Said USC baseball Coach Mike Gillespie: “Our money is gone. Our hands are tied. There was nothing we could do. That’s a pretty good athlete to have leave. He’s a very special athlete, with remarkable gifts.”
Perry said “it would have been nice to stay at USC,” but emphasized that Fullerton’s baseball program--for which he will be eligible immediately--is on par with USC’s, and said Orange County is home. Paying to attend USC out of his own pocket was out of the question, he said.
“I’d never be able to do that.

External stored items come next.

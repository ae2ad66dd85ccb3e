//! How long the text of a report is.
ghost use Rattle.std.specs.Prelude.{◌≡◌, length, map};
ghost use Rattle.std.specs.List.{flat_map, sum};
ghost use Rattle.tera_report.specs.Errors.{note_of, report_of};
ghost use Rattle.tera_report.specs.Report.{line_of, note_text, report_text};
ghost use Rattle.tera_report.specs.inner.Report.{capped, shown_place};

use super::source::numbered_line;
use super::text::width;
use super::{Note, ReportError};
use crate::span::Span;
use crate::words::characters;
use itoa::Buffer;

impl ReportError {
    /// How many bytes the report is long, whose line is given, or usize's greatest where it is
    /// longer.
    #[tactic(auto, using(crate::proofs::ReportLemmas::head_length))]
    pub(super) fn report_len(&self, line: &str) -> usize
        requires { line.now ≡ line_of (report_of self.now) }
        ensures { result ≡ capped (length (report_text (report_of self.now))) }
    {
        let place = place_len(self.filename.as_str(), line, &self.span);
        let words = "error: \n--> ".len();
        let number = Buffer::new().format(self.span.start_line).len();
        let head = capped_sum(&[words, self.message.as_str().len(), number, place]);
        head.saturating_add(notes_len(self.notes.as_slice()))
    }
}

#[tactic(auto, using(std::proofs::lemmas::List::map_more))]
fn notes_len(notes: &[Note]) -> usize
    ensures { result ≡ capped (length (flat_map note_text (map note_of notes.now))) }
{
    let mut total: usize = 0;
    for note in notes {
        total = total.saturating_add(note_len(note));
    }
    total
}

#[tactic(auto, using(crate::proofs::ReportLemmas::note_length))]
fn note_len(note: &Note) -> usize
    ensures { result ≡ capped (length (note_text (note_of note.now))) }
{
    let line = numbered_line(note.source.as_str(), note.span.start_line);
    let place = place_len(note.filename.as_str(), line, &note.span);
    capped_sum(&["\n\nnote:  ".len(), note.label.as_str().len(), place])
}

#[tactic(auto, using(crate::proofs::ReportLemmas::place_length))]
fn place_len(file: &str, line: &str, span: &Span) -> usize
    ensures { result ≡ capped (length (shown_place file.now line.now span.now)) }
{
    let number = Buffer::new().format(span.start_line).len();
    let column = Buffer::new().format(span.start_col as u128 + 1).len();
    let words = "::\n |\n | \n | ".len();
    let under = span.start_col.min(characters(line));
    capped_sum(&[
        words,
        file.len(),
        number,
        column,
        number,
        number,
        line.len(),
        number,
        under,
        width(span),
    ])
}

// The sum, or usize's greatest where it is more.
fn capped_sum(numbers: &[usize]) -> usize
    ensures { result ≡ capped (sum numbers.now) }
{
    let mut total: usize = 0;
    for at in 0..numbers.len() {
        total = total.saturating_add(numbers[at]);
    }
    total
}
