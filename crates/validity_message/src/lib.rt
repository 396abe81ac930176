// Refusal 9, one message slot: what is in use is a message in order to a living machine, what is not is all 0.
// Each function is handed limits, numbers and the one message, never the table.
#![tactic(auto)]

ghost use Rattle.std.specs.Prelude.{◌≡◌};
ghost use Rattle.validity_message.specs.Message.{empty_message, with_copy, with_thief, to_root, kind_ok, ends_ok, carries_ok, thief_ok, message_ok};
ghost use Rattle.validity_message.specs.Message.{slot_ok};

use table::Message;
use validity_element::Limits;

fn empty_message(m: Message) -> bool
    ensures { result ≡ empty_message m }
{
    m == table::NO_MESSAGE
}

fn with_copy(k: u8) -> bool
    ensures { result ≡ with_copy k }
{
    (table::REQ <= k) & (k <= table::ACK) | (k == table::RESULT)
}

fn with_thief(k: u8) -> bool
    ensures { result ≡ with_thief k }
{
    (table::REQ <= k) & (k <= table::OBSOLETE)
}

fn to_root(k: u8) -> bool
    ensures { result ≡ to_root k }
{
    (k == table::REQ) | (k == table::ACK) | (k == table::RESULT)
}

fn kind_ok(m: Message) -> bool
    ensures { result ≡ kind_ok m }
{
    (table::FISH <= m.kind)
        & (m.kind <= table::RESULT)
        & ((m.kind == table::RESULT) | (m.price == 0))
}

fn ends_ok(limits: Limits, m: Message) -> bool
    ensures { result ≡ ends_ok limits.machines m }
{
    (m.from < limits.machines) & (m.to < limits.machines) & (!to_root(m.kind) | (m.to == 0))
}

fn carries_ok(limits: Limits, m: Message) -> bool
    ensures { result ≡ carries_ok limits.entries limits.replicas m }
{
    let w = with_copy(m.kind);
    w & limits.copy_ok(m.job, m.replica) | !w & ((m.job == 0) & (m.replica == 0))
}

fn thief_ok(limits: Limits, m: Message) -> bool
    ensures { result ≡ thief_ok limits.machines m }
{
    let w = with_thief(m.kind);
    w & (m.thief < limits.machines) | !w & (m.thief == 0)
}

fn message_ok(limits: Limits, m: Message) -> bool
    ensures { result ≡ message_ok limits.machines limits.entries limits.replicas m }
{
    kind_ok(m) & ends_ok(limits, m) & carries_ok(limits, m) & thief_ok(limits, m)
}

pub fn slot_ok(limits: Limits, used: u8, i: u8, alive: u8, m: Message) -> bool
    ensures { result ≡ slot_ok limits.machines limits.entries limits.replicas used i alive m }
{
    if used <= i {
        return empty_message(m);
    }
    (alive == 1) & message_ok(limits, m)
}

It was a situation where I was going to need a scholarship.”
Perry’s departure is a blow to another Trojan team as well--although the football squad won’t feel it as sharply this year, with receivers R. Jay Soward, Billy Miller and Mike Bastianelli returning.
“The problem is next year,” football Coach Paul Hackett said, adding he was “very disappointed” about Perry’s decision, calling it “a tough one.”
Perry said it was tough for him, too.
“If I can help it, I’m not going to watch any ‘SC football games,” he said. “But I’m sure I’ll be watching TV and one will pop on and I’ll get that feeling in my stomach. I’ll have to go on. Right now, I’m a baseball player.”